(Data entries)
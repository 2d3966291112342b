//! The answer on intersection cohomology: the polynomials of a row, summed up by length.
ghost use Rattle.std.specs.Prelude.{◌≡◌, ◌+◌, ◌^◌, ◌<◌, ◌≤◌, ℕ, List, length, unsigned_abs};
ghost use Rattle.cox_base.specs.IntegerMatrix.{integer_matrix};
ghost use Rattle.cox_base.specs.ShortLex.{normal_form};
ghost use Rattle.cox_base.specs.Length.{word_length};
ghost use Rattle.cox_poly.specs.Coefficients.{plus};
ghost use Rattle.cox_poly.specs.Polynomial.{coefficient};
ghost use Rattle.cox_poly.specs.Products.{times_q_power};
ghost use Rattle.cox_hecke.specs.Family.{Family};
ghost use Rattle.cox_hecke.specs.Sums.{sum_over};
ghost use Rattle.cox_hecke.specs.Row.{IsRow};
ghost use Rattle.cox_base.specs.Members.{IsInInterval};
ghost use Rattle.cox_base.specs.SortedList.{IsListOf};
ghost use Rattle.cox_context.specs.Numbers.{word_at};
ghost use Rattle.cox_rows.specs.Holding.{HasRow};
ghost use Rattle.cox_replies.specs.Listed.{IsOfRow};
ghost use Rattle.cox_replies.specs.RowReply.{ihbetti_text};
ghost use Rattle.cox_replies.specs.Putting.{PutsSome};

use cox_base::MAX_LETTERS;
use cox_poly::Acc;
use cox_print::{NoMemory, put_numbers};
use cox_rows::Rows;

/// Puts the coefficients of the sum of q^l(x) P(x,w) over the members x <= w, for the member w with the number i.
pub fn put_sums(out: &mut Vec<u8>, rows: &Rows, i: u32) -> Result<(), NoMemory>
    requires member { i < length rows.now.elements.members }
    requires there { HasRow rows.now i }
    ensures { (w : List ℕ) → word_at rows.now.elements.members i ≡ normal_form (integer_matrix rows.now.elements.matrix) w
        → PutsSome result (IsOfRow (integer_matrix rows.now.elements.matrix) w
        (IsInInterval (integer_matrix rows.now.elements.matrix) w) (ihbetti_text (integer_matrix rows.now.elements.matrix) w))
        out.old.items out.new.items }
{
    prove!(rows.context().len() > 0);
    let sums = row_sums(rows, i);
    put_numbers(out, &sums.sums()[..rows.context().length(i) as usize + 1])
}

/// The sum of q^l(x) P(x,w) over the members x <= w, for the member w with the number i.
fn row_sums(rows: &Rows, i: u32) -> Acc
    requires member { i < length rows.now.elements.members }
    requires there { HasRow rows.now i }
    ensures { (w : List ℕ) (p : Family) (members : List (List ℕ))
        → word_at rows.now.elements.members i ≡ normal_form (integer_matrix rows.now.elements.matrix) w
        → IsRow (integer_matrix rows.now.elements.matrix) w p → IsListOf (IsInInterval (integer_matrix rows.now.elements.matrix) w) members
        → (k : ℕ) → coefficient result k
        ≡ sum_over members (λ x. times_q_power (word_length (integer_matrix rows.now.elements.matrix) x) (p x)) k }
{
    prove!(rows.context().len() > 0);
    let mut sums = Acc::new();
    for x in 0..i + 1 {
        add_member(&mut sums, rows, i, x);
    }
    sums
}

/// Adds q^l(x) P(x,w), for the members x and w with the numbers x and i. Nothing is added unless x <= w.
fn add_member(sums: &mut Acc, rows: &Rows, i: u32, x: u32)
    requires member { i < length rows.now.elements.members }
    requires there { HasRow rows.now i }
    requires x { x < length rows.now.elements.members }
    requires room { (k : ℕ) → unsigned_abs (coefficient sums.old k) ≤ 2 ^ 125 }
    ensures sum { (p : Family) → IsRow (integer_matrix rows.now.elements.matrix) (word_at rows.now.elements.members i) p
        → (k : ℕ) → coefficient sums.new k ≡ plus (coefficient sums.old) (times_q_power
        (word_length (integer_matrix rows.now.elements.matrix) (word_at rows.now.elements.members x))
        (p (word_at rows.now.elements.members x))) k }
    ensures small { (k : ℕ) → unsigned_abs (coefficient sums.new k) ≤ unsigned_abs (coefficient sums.old k) + 2 ^ 94 }
{
    prove!(rows.context().len() > 0);
    let Some(polynomial) = rows.polynomial(i, x) else {
        return;
    };
    prove!(rows.context().length(i) as usize <= MAX_LETTERS);
    let _degree = polynomial.degree();
    sums.add_scaled(&polynomial, 1, rows.context().length(x));
}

▸ Work instruction: Every record, from top to bottom, must be transcribed exactly.

▸ Finished exercise:
repository 2d3966291112342b
//! The answer on intersection cohomology: the polynomials of a row, summed up by length.
ghost use Rattle.std.specs.Prelude.{◌≡◌, ◌+◌, ◌^◌, ◌<◌, ◌≤◌, ℕ, List, length, unsigned_abs};
ghost use Rattle.cox_base.specs.IntegerMatrix.{integer_matrix};
ghost use Rattle.cox_base.specs.ShortLex.{normal_form};
ghost use Rattle.cox_base.specs.Length.{word_length};
ghost use Rattle.cox_poly.specs.Coefficients.{plus};
ghost use Rattle.cox_poly.specs.Polynomial.{coefficient};
ghost use Rattle.cox_poly.specs.Products.{times_q_power};
ghost use Rattle.cox_hecke.specs.Family.{Family};
ghost use Rattle.cox_hecke.specs.Sums.{sum_over};
ghost use Rattle.cox_hecke.specs.Row.{IsRow};
ghost use Rattle.cox_base.specs.Members.{IsInInterval};
ghost use Rattle.cox_base.specs.SortedList.{IsListOf};
ghost use Rattle.cox_context.specs.Numbers.{word_at};
ghost use Rattle.cox_rows.specs.Holding.{HasRow};
ghost use Rattle.cox_replies.specs.Listed.{IsOfRow};
ghost use Rattle.cox_replies.specs.RowReply.{ihbetti_text};
ghost use Rattle.cox_replies.specs.Putting.{PutsSome};

use cox_base::MAX_LETTERS;
use cox_poly::Acc;
use cox_print::{NoMemory, put_numbers};
use cox_rows::Rows;

/// Puts the coefficients of the sum of q^l(x) P(x,w) over the members x <= w, for the member w with the number i.
pub fn put_sums(out: &mut Vec<u8>, rows: &Rows, i: u32) -> Result<(), NoMemory>
    requires member { i < length rows.now.elements.members }
    requires there { HasRow rows.now i }
    ensures { (w : List ℕ) → word_at rows.now.elements.members i ≡ normal_form (integer_matrix rows.now.elements.matrix) w
        → PutsSome result (IsOfRow (integer_matrix rows.now.elements.matrix) w
        (IsInInterval (integer_matrix rows.now.elements.matrix) w) (ihbetti_text (integer_matrix rows.now.elements.matrix) w))
        out.old.items out.new.items }
{
    prove!(rows.context().len() > 0);
    let sums = row_sums(rows, i);
    put_numbers(out, &sums.sums()[..rows.context().length(i) as usize + 1])
}

/// The sum of q^l(x) P(x,w) over the members x <= w, for the member w with the number i.
fn row_sums(rows: &Rows, i: u32) -> Acc
    requires member { i < length rows.now.elements.members }
    requires there { HasRow rows.now i }
    ensures { (w : List ℕ) (p : Family) (members : List (List ℕ))
        → word_at rows.now.elements.members i ≡ normal_form (integer_matrix rows.now.elements.matrix) w
        → IsRow (integer_matrix rows.now.elements.matrix) w p → IsListOf (IsInInterval (integer_matrix rows.now.elements.matrix) w) members
        → (k : ℕ) → coefficient result k
        ≡ sum_over members (λ x. times_q_power (word_length (integer_matrix rows.now.elements.matrix) x) (p x)) k }
{
    prove!(rows.context().len() > 0);
    let mut sums = Acc::new();
    for x in 0..i + 1 {
        add_member(&mut sums, rows, i, x);
    }
    sums
}

/// Adds q^l(x) P(x,w), for the members x and w with the numbers x and i. Nothing is added unless x <= w.
fn add_member(sums: &mut Acc, rows: &Rows, i: u32, x: u32)
    requires member { i < length rows.now.elements.members }
    requires there { HasRow rows.now i }
    requires x { x < length rows.now.elements.members }
    requires room { (k : ℕ) → unsigned_abs (coefficient sums.old k) ≤ 2 ^ 125 }
    ensures sum { (p : Family) → IsRow (integer_matrix rows.now.elements.matrix) (word_at rows.now.elements.members i) p
        → (k : ℕ) → coefficient sums.new k ≡ plus (coefficient sums.old) (times_q_power
        (word_length (integer_matrix rows.now.elements.matrix) (word_at rows.now.elements.members x))
        (p (word_at rows.now.elements.members x))) k }
    ensures small { (k : ℕ) → unsigned_abs (coefficient sums.new k) ≤ unsigned_abs (coefficient sums.old k) + 2 ^ 94 }
{
    prove!(rows.context().len() > 0);
    let Some(polynomial) = rows.polynomial(i, x) else {
        return;
    };
    prove!(rows.context().length(i) as usize <= MAX_LETTERS);
    let _degree = polynomial.degree();
    sums.add_scaled(&polynomial, 1, rows.context().length(x));
}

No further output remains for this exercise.